A: This case, filed in Orange County, is significant because it lays out the detailed evidence of Deepak and Gurpreet Lakhiani’s fraudulent activities. The case has become a pivotal example of financial crimes involving large-scale embezzlement and luxury lifestyle fraud in California.
Q12: How did the BroadSpring Inc. theft affect the local community?
A: The BroadSpring Inc. theft devastated the local community, particularly the nearly 50 hard-working residents who lost their jobs. The company’s inability to continue operations due to the stolen retirement money and other financial losses had far-reaching effects on families and the local economy.
Q13: Why is this case considered a high-profile fraud case?
A: The case has garnered significant attention due to the sheer scale of the theft, the luxurious lifestyle maintained by the perpetrators, and the dramatic impact on a well-established business and its employees. The details of their greed and theft and the ongoing civil court proceedings have kept it in the spotlight.
Q14: What makes the Lakhiani fraud case unique compared to other white-collar crimes?
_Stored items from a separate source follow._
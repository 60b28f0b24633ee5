//! What all pages have.

ghost use Rattle.std.specs.Prelude.{◌≡◌, ◌++◌, OnOk};
ghost use Rattle.ecma_page.specs.Page.{head_text, script_text, text_view, tree_view, worker_text};

use crate::blocks::BLOCKS;
use crate::check::CHECK;
use crate::faults::FAULTS;
use crate::head::{BODY, END, HEAD};
use crate::parts::PARTS;
use crate::reader::READER;
use crate::rows::ROWS;
use crate::seek::SEEK;
use crate::style::STYLE;
use crate::text::TEXT;
use crate::tree::TREE;
use crate::view::VIEW;
use crate::worker::WORKER;
use std::alloc::AllocError;

/// What stands around the data of a page.
#[derive(Clone, Copy, Debug)]
pub struct Frame {
    /// The head up to the style, the style, and the elements that the script fills.
    pub(crate) head: &'static str,
    pub(crate) style: &'static str,
    pub(crate) body: &'static str,
    /// The parts of the worker's script.
    pub(crate) parts: &'static str,
    pub(crate) worker: &'static str,
    pub(crate) seek: &'static str,
    pub(crate) blocks: &'static str,
    /// The parts of the script of what is seen.
    pub(crate) rows: &'static str,
    pub(crate) text: &'static str,
    pub(crate) reader: &'static str,
    pub(crate) faults: &'static str,
    pub(crate) tree: &'static str,
    pub(crate) view: &'static str,
    pub(crate) check: &'static str,
    /// What has the tree shown.
    pub(crate) end: &'static str,
}

/// The frame of this crate. It names no address.
pub const FRAME: Frame = Frame {
    head: HEAD,
    style: STYLE,
    body: BODY,
    parts: PARTS,
    worker: WORKER,
    seek: SEEK,
    blocks: BLOCKS,
    rows: ROWS,
    text: TEXT,
    reader: READER,
    faults: FAULTS,
    tree: TREE,
    view: VIEW,
    check: CHECK,
    end: END,
};

/// Writes what all pages begin with.
#[tactic(auto, unfolding(crate::specs::Page::head_text))]
pub(crate) fn push_head(out: &mut Vec<u8>, frame: &Frame) -> Result<(), AllocError>
    ensures { OnOk result (out.new.items ≡ out.old.items ++ head_text frame.now) }
{
    out.extend_from_slice(frame.head.as_bytes())?;
    out.extend_from_slice(frame.style.as_bytes())?;
    out.extend_from_slice(frame.body.as_bytes())
}

/// Writes the worker's script.
#[tactic(auto, unfolding(crate::specs::Page::worker_text))]
fn push_worker(out: &mut Vec<u8>, frame: &Frame) -> Result<(), AllocError>
    ensures { OnOk result (out.new.items ≡ out.old.items ++ worker_text frame.now) }
{
    out.extend_from_slice(frame.parts.as_bytes())?;
    out.extend_from_slice(frame.worker.as_bytes())?;
    out.extend_from_slice(frame.seek.as_bytes())?;
    out.extend_from_slice(frame.blocks.as_bytes())
}

/// Writes the parts of the script that show the text.
#[tactic(auto, unfolding(crate::specs::Page::text_view))]
fn push_text_view(out: &mut Vec<u8>, frame: &Frame) -> Result<(), AllocError>
    ensures { OnOk result (out.new.items ≡ out.old.items ++ text_view frame.now) }
{
    out.extend_from_slice(frame.rows.as_bytes())?;
    out.extend_from_slice(frame.text.as_bytes())?;
    out.extend_from_slice(frame.reader.as_bytes())
}

/// Writes the parts that show faults and tree, and read the data.
#[tactic(auto, unfolding(crate::specs::Page::tree_view))]
fn push_tree_view(out: &mut Vec<u8>, frame: &Frame) -> Result<(), AllocError>
    ensures { OnOk result (out.new.items ≡ out.old.items ++ tree_view frame.now) }
{
    out.extend_from_slice(frame.faults.as_bytes())?;
    out.extend_from_slice(frame.tree.as_bytes())?;
    out.extend_from_slice(frame.view.as_bytes())?;
    out.extend_from_slice(frame.check.as_bytes())
}

/// Writes the scripts.
#[tactic(auto, unfolding(crate::specs::Page::script_text))]
pub(crate) fn push_script(out: &mut Vec<u8>, frame: &Frame) -> Result<(), AllocError>
    ensures { OnOk result (out.new.items ≡ out.old.items ++ script_text frame.now) }
{
    push_worker(out, frame)?;
    push_text_view(out, frame)?;
    push_tree_view(out, frame)
}
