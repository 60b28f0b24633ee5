//! A page.

ghost use Rattle.std.specs.Prelude.{◌≡◌, ◌++◌, OnOk};
ghost use Rattle.ecma_page.specs.Page.{page_text, text_blocks};

use crate::block::push_block;
use crate::frame::{Frame, push_head, push_script};
use std::alloc::AllocError;

/// What a page shows. All of it is JSON (RFC 8259) in UTF-8.
#[derive(Clone, Copy, Debug)]
pub struct Page<'a> {
    /// The name of the file, a string.
    pub name: &'a [u8],
    /// The text of the file, a string.
    pub source: &'a [u8],
    /// The tree as ESTree; `null`, where there is none.
    pub tree: &'a [u8],
    /// The faults, an object a line: `start` and `end` are offsets in code units of UTF-16, `line` and `column` count from 1, and `severity`,
    /// `kind` and `message` are strings. Another place that a fault speaks of is an object `note` with `start`, `end` and `message`. An object
    /// whose `severity` is `more` has a `count` alone: how many faults there are besides.
    pub faults: &'a [u8],
}

/// Writes what is shown of a text without its tree.
#[tactic(auto, unfolding(crate::specs::Page::text_blocks))]
fn push_text(out: &mut Vec<u8>, page: &Page<'_>) -> Result<(), AllocError>
    ensures { OnOk result (out.new.items ≡ out.old.items ++ text_blocks page.now) }
{
    push_block(out, "name", page.name)?;
    push_block(out, "source", page.source)?;
    push_block(out, "faults", page.faults)
}

/// Writes a page: `frame` is what all pages have, as `FRAME`. No text in the data is taken for a tag.
#[tactic(auto, unfolding(crate::specs::Page::page_text))]
pub fn push_page(out: &mut Vec<u8>, frame: &Frame, page: &Page<'_>) -> Result<(), AllocError>
    ensures { OnOk result (out.new.items ≡ out.old.items ++ page_text frame.now page.now) }
{
    push_head(out, frame)?;
    push_text(out, page)?;
    push_script(out, frame)?;
    push_block(out, "tree", page.tree)?;
    out.extend_from_slice(frame.end.as_bytes())
}
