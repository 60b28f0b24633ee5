//! A page that shows a text, its faults and its tree, and that stands alone: HTML Living Standard.
#![tactic(auto)]

mod block;
mod blocks;
mod check;
mod faults;
mod frame;
mod head;
mod page;
mod parts;
mod reader;
mod rows;
mod seek;
mod style;
mod text;
mod tree;
mod view;
mod worker;

pub use frame::{FRAME, Frame};
pub use page::{Page, push_page};
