//! The script's fourth part: the faults. Made by `scripts/frame write` from `web/faults.js`.

/// Shows the list of faults.
pub(crate) const FAULTS: &str =
    r#"// The faults: a list that is gone through by keys. The worker hands out the first, and further ones where they are asked for.

class FaultList {
  /** `tells` has what becomes of a choice: `light`, `select`, `further`. */
  constructor(list, button, untold, tells) {
    Object.assign(this, { list, button, untold, tells, faults: [], count: 0, cursor: -1, refusal: null, then: null });
    // An item that is made anew between press and release gets no click.
    list.addEventListener('mouseup', event => this.clicked(event));
    list.addEventListener('keydown', event => this.key(event));
    // By a key: a click goes to the item that is clicked.
    list.addEventListener('focus', () => list.matches(':focus-visible') && this.move(Math.max(0, this.cursor)));
    button.addEventListener('click', () => this.further(from => {
      this.choose(from);
      list.focus();
    }));
  }

  /** Shows the first faults of so many, beside which there are more that the parser does not tell. */
  show(faults, count, more) {
    const refusal = faults.at(-1)?.isRefusal && faults.length < count ? faults.at(-1) : null;
    Object.assign(this, { refusal, count, cursor: -1, then: null });
    this.faults = refusal ? faults.slice(0, -1) : faults;
    this.list.replaceChildren(...this.faults.map((it, index) => this.item(it, index)));
    this.untold.hidden = more === 0;
    this.untold.textContent = `${more} more are not told`;
    this.shownRest();
  }

  /** Why there is no tree stands last, whatever is left out before it. */
  shownRest() {
    const left = this.count - this.faults.length - (this.refusal ? 1 : 0);
    if (this.refusal) this.list.append(this.item(this.refusal, this.count - 1));
    this.button.hidden = left === 0;
    this.button.textContent = `${left} more: show the next`;
    this.list.hidden = this.count === 0;
    this.list.setAttribute('aria-label', `Faults: ${this.count}`);
  }

  /** Shows further faults behind those that are shown. */
  append(from, faults) {
    if (from !== this.faults.length) return;
    if (this.refusal) this.list.lastChild.remove();
    const isWhole = from + faults.length === this.count;
    if (isWhole && this.refusal) faults.at(-1).isRefusal = true;
    if (isWhole) this.refusal = null;
    this.list.append(...faults.map((it, index) => this.item(it, from + index)));
    this.faults = this.faults.concat(faults);
    this.shownRest();
    this.then?.(from);
    this.then = null;
  }

  /** Asks for further faults; `then` is called with the index of the first. */
  further(then = null) {
    this.then = then;
    this.tells.further(this.faults.length);
  }

  item(fault, index) {
    const it = make('li');
    const { line, column } = fault.loc.start;
    Object.assign(it, { id: `fault-${index}`, role: 'option', ariaSelected: false, fault });
    it.append(make('span', 'place', `${line}:${column + 1}`), ' ', make('span', 'severity', fault.severity ?? (fault.isRefusal ? 'refused' : 'fault')), ` ${fault.message} `, make('span', 'place', `[${fault.kind}]`));
    if (fault.note) it.append(make('span', 'note', `${fault.note.loc.start.line}:${fault.note.loc.start.column + 1} ${fault.note.message}`));
    return it;
  }

  /** Goes to an item of the list; the answer is its fault. */
  move(index) {
    const items = this.list.children;
    this.list.querySelector('[aria-selected=true]')?.setAttribute('aria-selected', 'false');
    this.cursor = Math.max(0, Math.min(index, items.length - 1));
    const it = items[this.cursor];
    if (!it) return null;
    it.setAttribute('aria-selected', 'true');
    it.scrollIntoView({ block: 'nearest' });
    this.list.setAttribute('aria-activedescendant', it.id);
    return it.fault;
  }

  choose(index) {
    if (index === this.faults.length && !this.button.hidden) return this.further(from => this.choose(from));
    this.tells.light(this.move(index));
  }

  /** Goes to the next fault or the one before, from any part of the page. Behind the last comes the first. */
  step(by) {
    if (this.count === 0) return;
    const next = Math.max(this.cursor, by < 0 ? 0 : -1) + by;
    const select = index => this.tells.select(this.move(index));
    if (by > 0 && next === this.faults.length && !this.button.hidden) return this.further(select);
    const length = this.list.children.length;
    select((next + length) % length);
  }

  /** Goes to the item of a fault that is told at an offset, where one is. */
  point(offset) {
    const isThere = it => it && it.fault.start <= offset && offset < Math.max(it.fault.end, it.fault.start + 1);
    const items = Array.from(this.list.children);
    const index = isThere(items[this.cursor]) ? -1 : items.findIndex(isThere);
    if (index >= 0) this.move(index);
  }

  clicked({ target, button }) {
    const it = target.closest('li');
    if (it && button === 0 && getSelection().isCollapsed) this.tells.select(this.move(Array.from(this.list.children).indexOf(it)));
  }

  key(event) {
    if (event.ctrlKey || event.metaKey || event.altKey) return;
    const keys = {
      ArrowUp: () => this.choose(this.cursor - 1),
      ArrowDown: () => this.choose(this.cursor + 1),
      Home: () => this.choose(0),
      End: () => this.choose(this.list.children.length - 1),
      Enter: () => this.tells.select(this.move(this.cursor)),
    };
    if (!Object.hasOwn(keys, event.key)) return;
    event.preventDefault();
    keys[event.key]();
  }
}
"#;
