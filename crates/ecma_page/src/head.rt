//! What all pages begin and end with. Made by `scripts/frame write` from `web/check.html`.

/// The head, up to the style.
pub(crate) const HEAD: &str = r#"<!doctype html>
<html lang="en">
<head>
<meta charset="utf-8">
<meta http-equiv="Content-Security-Policy" content="default-src 'none'; script-src 'unsafe-inline'; style-src 'unsafe-inline'; worker-src blob:">
<meta name="viewport" content="width=device-width">
<title>ecma-check</title>
<style>
"#;

/// The elements that the script fills.
pub(crate) const BODY: &str = r#"</style>
</head>
<body>
<header>
  <h1 id="file">ecma-check</h1>
  <label>colors <select id="theme"><option value="">system<option>light<option>dark</select></label>
  <details id="keys"><summary>keys</summary><dl>
    <dt>F8, Shift F8<dd>next fault, fault before; in the text n and p too
    <dt>F2<dd>opens the tree to the cursor, and goes there; in the text Enter too
    <dt>arrows<dd>move the cursor; in the tree or the faults: move, open, close
    <dt>Enter<dd>goes to the text of a node or a fault
    <dt>c<dd>in the tree: copies the JSON of a node
    <dt>/<dd>search by kind or name; there Enter and Shift Enter go on
  </dl></details>
  <output id="state"></output>
</header>
<section id="told" aria-label="Faults">
  <ol id="list" role="listbox" tabindex="0" aria-label="Faults" hidden></ol>
  <button id="further" type="button" hidden></button>
  <p id="untold" hidden></p>
</section>
<main>
  <section id="text" class="source" role="region" aria-label="Source" tabindex="0"></section>
  <section id="side" aria-label="Tree">
    <div id="tools">
      <input id="search" type="search" placeholder="kind or name" aria-label="Search the tree by kind or name" autocomplete="off" spellcheck="false">
      <output id="hits"></output>
      <label><input id="follow" type="checkbox"> open to the cursor</label>
      <button id="copy" type="button" title="the JSON of the tree" disabled>copy all</button>
      <button id="copy-node" type="button" title="the JSON of the node at the cursor of the tree" disabled>copy node</button>
    </div>
    <p id="none" hidden></p>
    <div id="nodes" role="tree" tabindex="0" aria-label="Tree"></div>
  </section>
</main>
<footer id="path" aria-live="off"></footer>
<noscript>This page is drawn by its own script.</noscript>
"#;

/// What has the tree shown, and the end of a page.
pub(crate) const END: &str = r#"<script>
treeRead();
</script>
</body>
</html>
"#;
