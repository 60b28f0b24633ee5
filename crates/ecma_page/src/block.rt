//! Data in a page.

ghost use Rattle.std.specs.Prelude.{◌≡◌, ◌++◌, ◌∷◌, OnOk, List, ℕ};
ghost use Rattle.ecma_page.specs.Page.{block, escaped, safe, up_to_tag};

use std::alloc::AllocError;

/// Writes a byte of JSON, with an escape for `<`.
fn push_escaped(out: &mut Vec<u8>, byte: u8) -> Result<(), AllocError>
    ensures { OnOk result (out.new.items ≡ out.old.items ++ escaped byte) }
{
    if byte == b'<' {
        return out.extend_from_slice(b"\\u003c");
    }
    out.push(byte)?;
    Ok(())
}

/// Writes JSON, with an escape for each `<`. What is read of it up to the next `<` is the whole of it.
#[tactic(auto, using(crate::proofs::Whole::whole), unfolding(crate::specs::Page::safe))]
fn push_safe(out: &mut Vec<u8>, json: &[u8]) -> Result<(), AllocError>
    ensures value { OnOk result (out.new.items ≡ out.old.items ++ safe json.now) }
    ensures whole { (rest : List ℕ) → up_to_tag (safe json.now ++ 60 ∷ rest) ≡ safe json.now }
{
    for byte in json {
        push_escaped(out, *byte)?;
    }
    Ok(())
}

/// Writes a block of data.
#[tactic(auto, unfolding(crate::specs::Page::block))]
pub(crate) fn push_block(out: &mut Vec<u8>, name: &str, json: &[u8]) -> Result<(), AllocError>
    ensures { OnOk result (out.new.items ≡ out.old.items ++ block name.now json.now) }
{
    out.extend_from_slice(b"<script type=\"application/json\" id=\"")?;
    out.extend_from_slice(name.as_bytes())?;
    out.extend_from_slice(b"\">")?;
    push_safe(out, json)?;
    out.extend_from_slice(b"</script>\n")
}
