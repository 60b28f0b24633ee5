//! The script's first part: rows. Made by `scripts/frame write` from `web/rows.js`.

/// Makes elements and rows.
pub(crate) const ROWS: &str = r#"</script>
<script>
'use strict';
// Rows of one height, of which the document holds those in sight.

// The height of a row, and the most that a pane may have: a browser's own limit is not far above it.
const ROW = 20;
const HIGHEST = 8000000;

function make(tag, name, text) {
  const made = document.createElement(tag);
  if (name) made.className = name;
  if (text !== undefined) made.textContent = text;
  return made;
}

/** What acts with the next frame, once, however often it is called before. */
function withNextFrame(act) {
  let isDue = false;
  return () => {
    if (isDue) return;
    isDue = true;
    requestAnimationFrame(() => {
      isDue = false;
      act();
    });
  };
}

class Rows {
  constructor(pane, draw) {
    Object.assign(this, { pane, draw, count: 0, touch: withNextFrame(() => this.paint()) });
    this.space = pane.appendChild(make('div', 'space'));
    this.shown = this.space.appendChild(make('div', 'shown'));
    pane.addEventListener('scroll', () => this.paint());
    new ResizeObserver(() => this.paint()).observe(pane);
  }

  resize(count) {
    this.count = count;
    this.space.style.height = `${Math.min(count * ROW, HIGHEST)}px`;
    this.paint();
  }

  /** How far the rows move for each pixel that is scrolled: 1, but for more rows than a pane has room for. */
  scale() {
    const seen = this.pane.clientHeight;
    const room = Math.min(this.count * ROW, HIGHEST) - seen;
    return room > 0 ? (this.count * ROW - seen) / room : 1;
  }

  paint() {
    const scrolled = this.pane.scrollTop;
    const top = scrolled * this.scale();
    const first = Math.max(0, Math.floor(top / ROW) - 4);
    const last = Math.min(this.count, Math.ceil((top + this.pane.clientHeight) / ROW) + 4);
    const drawn = [];
    for (let index = first; index < last; index++) drawn.push(this.draw(index));
    this.shown.replaceChildren(...drawn);
    this.shown.style.transform = `translateY(${scrolled - (top - first * ROW)}px)`;
  }

  /** Scrolls to a row that is out of sight. */
  reveal(index) {
    const seen = this.pane.clientHeight;
    const top = this.pane.scrollTop * this.scale();
    if (index * ROW < top || (index + 1) * ROW > top + seen) this.pane.scrollTop = (index * ROW - seen / 2) / this.scale();
    this.touch();
  }
}
"#;
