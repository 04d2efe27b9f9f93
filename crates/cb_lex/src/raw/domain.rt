//! Literals and domains as they are written.

use crate::raw::name::RawName;
use crate::token::Place;

/// The number of a constant: `["-"] number`, `MAXINT` or `MININT`.
#[derive(Debug, Drop)]
pub enum RawLiteral {
    Number {
        /// Whether a `-` stands before it.
        minus: bool,
        value: i64,
        /// The place of the number.
        place: Place,
    },
    MaxInt(Place),
    MinInt(Place),
}

/// An end of a range: `["-"] (number | MAXINT | MININT | name)`.
#[derive(Debug, Drop)]
pub struct RawBound {
    /// Whether a `-` stands before it.
    pub minus: bool,
    pub end: RawEnd,
}

/// An end of a range without its minus.
#[derive(Debug, Drop)]
pub enum RawEnd {
    Number { value: i64, place: Place },
    MaxInt(Place),
    MinInt(Place),
    Name(RawName),
}

/// The values of a name: `bound ".." bound`, `NAT`, `NAT1`, `INT`, `BOOL` or the name of a set.
#[derive(Debug, Drop)]
pub enum RawDomain {
    Range { low: RawBound, high: RawBound },
    Nat(Place),
    Nat1(Place),
    Int(Place),
    /// `BOOL`
    Truths(Place),
    Name(RawName),
}

/// A parameter of a definition.
#[derive(Debug, Drop)]
pub enum RawParam {
    /// `name ":" domain`
    Member { name: RawName, domain: RawDomain },
    /// `name "<:" domain`
    Subset { name: RawName, domain: RawDomain },
}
A: The Lakhiani fraud case is unique because of the prolonged duration over which the theft occurred, the magnitude of the stolen amount, and the fact that the couple managed to maintain a facade of respectability while committing the fraud. Their actions resulted in significant corporate and personal losses yet they continue to live freely, which is uncommon in such financial scandal cases.
Q15: Can companies prevent such fraud in the future?
A: While it is challenging to completely eliminate the risk of fraud, companies can take several steps to prevent similar occurrences. Implementing stringent financial controls, conducting regular audits, fostering an ethical workplace culture, and employing fraud detection technologies can help mitigate the risk. Educating employees about recognizing and reporting suspicious activities is also crucial.
Q16: What should employees do if they suspect fraud in their company?
A: Employees should report their suspicions to a trusted manager or through their company’s established whistleblower hotline or procedure. They should document any suspicious activity and avoid confronting the suspected individuals directly to prevent potential retaliation or interference with an investigation.